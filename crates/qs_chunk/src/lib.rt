//! Requests travel from a client to a handler in chunks, and chunks, objects and marks in lanes: the values, and the
//! form of a lane.
#![tactic(auto)]

mod cells;
mod chunk;
pub mod laws;
mod limits;
mod parcel;
mod places;
mod size;
#[cfg(test)]
mod tests;

pub use chunk::Chunk;
pub use limits::{LANE_ROOM, SPARE_ROOM};
pub use parcel::Parcel;
pub use size::ChunkSize;
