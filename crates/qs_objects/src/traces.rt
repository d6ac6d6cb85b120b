//! The traces of a client's blocks.

ghost use Rattle.std.specs.Prelude.{◌≡◌, ◌<◌, IfOk, IsErr, length, map};
ghost use Rattle.qs_objects.specs.audit.Rows.{join_rows};
ghost use Rattle.qs_objects.specs.Sums.{total};
ghost use Rattle.qs_objects.specs.Traces.{AreEmptyAfter, empty_trace, events_of, noted_at, trace_at};

use crate::held::Event;
use crate::rows::Rows;
use std::alloc::{AllocError, Global};
use std::marker::Model;

/// For each block of a client its trace so far, and how many events there may be. The events of all blocks lie in one
/// row, since a client's blocks run one after another. Memory is taken in `new` alone.
pub struct Traces {
    rows: Rows<Event>,
    rooms: Vec<usize>,
}

impl Drop for Traces {
    fn drop(self) {
        let Traces { rows: _, rooms: _ } = self;
    }
}

impl Model for Traces {
    ghost use Rattle.std.specs.Prelude.{List, length};
    ghost use Rattle.qs_objects.specs.Traces.{HaveRoom, TraceState, with_rooms};

    ghost Value = { List TraceState };

    ghost view = { λ t. with_rooms t.rows.rows t.rooms.items };

    ghost invariant = { λ t. HaveRoom t.rows.rows t.rooms.items t.rows.room };
}

impl Traces {
    /// For each room an empty trace with room for so many events; `room` is their sum. An error says that memory was
    /// refused: it comes only where there is a room.
    pub fn new(alloc: Global, rooms: Vec<usize>, room: usize) -> Result<Traces, AllocError>
        requires whole { total rooms.items ≡ room }
        ensures fresh { IfOk result (λ t. t ≡ map empty_trace rooms.items) }
        ensures memory { IsErr result → 0 < length rooms.items }
    {
        let rows = Rows::new(alloc, rooms.len(), room)?;
        Ok(Traces { rows, rooms })
    }

    /// Writes to all memory that was taken, where there is no event yet, so that no `note` has to wait until the system
    /// finds it. The traces are as they were.
    pub fn touch(&mut self)
        ensures same { self.new ≡ self.old }
    {
        self.rows.touch();
    }

    /// How many blocks the client has.
    pub fn len(&self) -> usize
        ensures count { result ≡ length self.now }
    {
        self.rooms.len()
    }

    /// The events of a block so far, in their order.
    pub fn of(&self, block: usize) -> &[Event]
        requires block { block < length self.now }
        ensures events { result.now ≡ (trace_at self.now block).events }
    {
        self.rows.of(block)
    }

    /// The events of all blocks, block after block.
    pub fn joined(&self) -> &[Event]
        ensures events { result.now ≡ join_rows (events_of self.now) }
    {
        self.rows.joined()
    }

    /// Adds an event at the end of a block's trace; later blocks have none yet.
    pub fn note(&mut self, block: usize, event: Event)
        requires block { block < length self.old }
        requires last { AreEmptyAfter self.old block }
        requires room { 0 < (trace_at self.old block).room }
        ensures noted { self.new ≡ noted_at self.old block event }
    {
        self.rows.push(block, event);
    }
}
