// Grids: rows of cells, kept one after another in one list.

ghost use Rattle.std.specs.Prelude.{◌≡◌, ◌+◌, ◌*◌, ◌<◌, ◌≤◌, [], ◌∷◌, length, not, replicate, vec_len, IfSome, Some, None, if◌then◌else◌, pos, ◌+ℤ◌};
ghost use Rattle.qs_objects.specs.Objects.{IsFull, cut_rows, grid_state, place as cell_place};
ghost use Rattle.qs_objects.specs.audit.Act.{grid_act, outside, below, cell_at, row_at, with_cell, exact_sum, clamp_to_word};
ghost use Rattle.qs_objects.specs.audit.Limits.{most_lines};

use crate::Op;
use crate::object::count_refusal;

// Serves a request to a grid.
#[inline(never)]
#[tactic(auto, using(crate::proofs::GridRows::cut_length))]
pub(crate) fn apply(
    rows: usize,
    columns: usize,
    cells: &mut Vec<i64>,
    refused: &mut i64,
    op: Op,
    args: &[i64],
) -> Option<i64>
    requires kept { IsFull rows columns cells.old }
    ensures keeps { IsFull rows columns cells.new }
    ensures acts { (grid_state rows columns cells.new.items refused.new, result)
        ≡ grid_act (grid_state rows columns cells.old.items refused.old) columns (cut_rows rows columns cells.old.items) op args.now }
{
    match (op, args) {
        (Op::SetCell, [row, column, n]) => {
            if !set_cell(rows, columns, cells, *row, *column, *n) {
                count_refusal(refused);
            }
            None
        }
        (Op::AddCell, [row, column, n]) => {
            add_cell(rows, columns, cells, refused, *row, *column, *n);
            None
        }
        (Op::Fill, [n]) => {
            fill(rows, columns, cells, *n);
            None
        }
        (Op::GetCell, [row, column]) => Some(cell(rows, columns, cells.as_slice(), *row, *column)),
        (Op::RowSum, [row]) => Some(row_sum(rows, columns, cells.as_slice(), *row)),
        (Op::Refused, []) => Some(*refused),
        _ => None,
    }
}

// Puts a number into a cell; false where there is no such cell.
#[tactic(auto, using(crate::proofs::GridRows::cell_set))]
fn set_cell(
    rows: usize,
    columns: usize,
    cells: &mut Vec<i64>,
    row: i64,
    column: i64,
    n: i64,
) -> bool
    requires kept { IsFull rows columns cells.old }
    ensures keeps { vec_len cells.new ≡ vec_len cells.old }
    ensures inside { result ≡ not (outside rows columns row column) }
    ensures cells { cut_rows rows columns cells.new.items
        ≡ (if outside rows columns row column then cut_rows rows columns cells.old.items
        else with_cell (cut_rows rows columns cells.old.items) row column n) }
{
    match place(rows, columns, row, column) {
        Some(place) => {
            cells[place] = n;
            true
        }
        None => false,
    }
}

// Adds a number to a cell, and clamps the exact sum; where there is no such cell, it is counted as refused.
#[tactic(auto, using(crate::proofs::GridRows::cut_length))]
fn add_cell(
    rows: usize,
    columns: usize,
    cells: &mut Vec<i64>,
    refused: &mut i64,
    row: i64,
    column: i64,
    n: i64,
)
    requires kept { IsFull rows columns cells.old }
    ensures keeps { vec_len cells.new ≡ vec_len cells.old }
    ensures acts { (grid_state rows columns cells.new.items refused.new, None)
        ≡ grid_act (grid_state rows columns cells.old.items refused.old) columns (cut_rows rows columns cells.old.items)
        Op.AddCell (row ∷ column ∷ n ∷ []) }
{
    let Some(place) = place(rows, columns, row, column) else {
        count_refusal(refused);
        return;
    };
    add(&mut cells[place], n);
}

// Puts a number into each cell.
#[tactic(auto, using(crate::proofs::GridRows::cut_filled))]
fn fill(rows: usize, columns: usize, cells: &mut Vec<i64>, n: i64)
    requires kept { IsFull rows columns cells.old }
    ensures keeps { vec_len cells.new ≡ vec_len cells.old }
    ensures cells { cut_rows rows columns cells.new.items ≡ replicate rows (replicate columns n) }
{
    fill_all(cells, n);
}

// Puts a number into each place of a list.
fn fill_all(cells: &mut Vec<i64>, n: i64)
    ensures cells { cells.new.items ≡ replicate (vec_len cells.old) n }
{
    cells.as_mut_slice().fill(n);
}

// The number in a cell, or 0 where there is no such cell; the cells are those of the whole grid.
#[tactic(auto, using(crate::proofs::GridRows::cell_get))]
fn cell(rows: usize, columns: usize, cells: &[i64], row: i64, column: i64) -> i64
    requires small { (rows ≤ most_lines) × (columns ≤ most_lines) }
    requires full { length cells.now ≡ rows * columns }
    ensures value { result ≡ (if outside rows columns row column then pos 0 else cell_at (cut_rows rows columns cells.now) row column) }
{
    match place(rows, columns, row, column) {
        Some(place) => cells[place],
        None => 0,
    }
}

// The place of a cell that is inside.
fn place(rows: usize, columns: usize, row: i64, column: i64) -> Option<usize>
    requires small { (rows ≤ most_lines) × (columns ≤ most_lines) }
    ensures place { result
        ≡ (if outside rows columns row column then None else Some (cell_place columns row column)) }
    ensures within { IfSome result (λ place. place < rows * columns) }
{
    if row < 0 || column < 0 || row as usize >= rows || column as usize >= columns {
        return None;
    }
    Some(row as usize * columns + column as usize)
}

// The sum of a row that is inside; the cells are those of the whole grid.
#[tactic(auto, using(crate::proofs::GridRows::row_get))]
fn row_sum(rows: usize, columns: usize, cells: &[i64], row: i64) -> i64
    requires small { (rows ≤ most_lines) × (columns ≤ most_lines) }
    requires full { length cells.now ≡ rows * columns }
    ensures sum { result
        ≡ (if below row rows then clamp_to_word (exact_sum (row_at (cut_rows rows columns cells.now) row)) else pos 0) }
{
    if row < 0 || row as usize >= rows {
        return 0;
    }
    let start = row as usize * columns;
    clamped_sum(&cells[start..start + columns])
}

// The exact sum, clamped once. Sixteen values cannot leave the range of 128 bits.
#[tactic(auto, using(crate::proofs::Sums::exact_sum_drop))]
fn clamped_sum(values: &[i64]) -> i64
    requires few { length values.now ≤ most_lines }
    ensures sum { result ≡ clamp_to_word (exact_sum values.now) }
{
    let mut sum: i128 = 0;
    for value in values {
        sum += i128::from(*value);
    }
    sum.clamp(i128::from(i64::MIN), i128::from(i64::MAX)) as i64
}

// Adds, and clamps the exact sum.
fn add(cell: &mut i64, n: i64)
    ensures sum { cell.new ≡ clamp_to_word (cell.old +ℤ n) }
{
    *cell = cell.saturating_add(n);
}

-=-=-

## Required action
Your task is to reproduce the entries exactly, starting at the first line and ending with the line containing "mod parcel;".

## Solution to this problem
filename crates/qs_chunk/src/lib.rt
//! Requests travel from a client to a handler in chunks, and chunks, objects and marks in lanes: the values, and the
//! form of a lane.
#![tactic(auto)]

mod cells;
mod chunk;
pub mod laws;
mod limits;
mod parcel;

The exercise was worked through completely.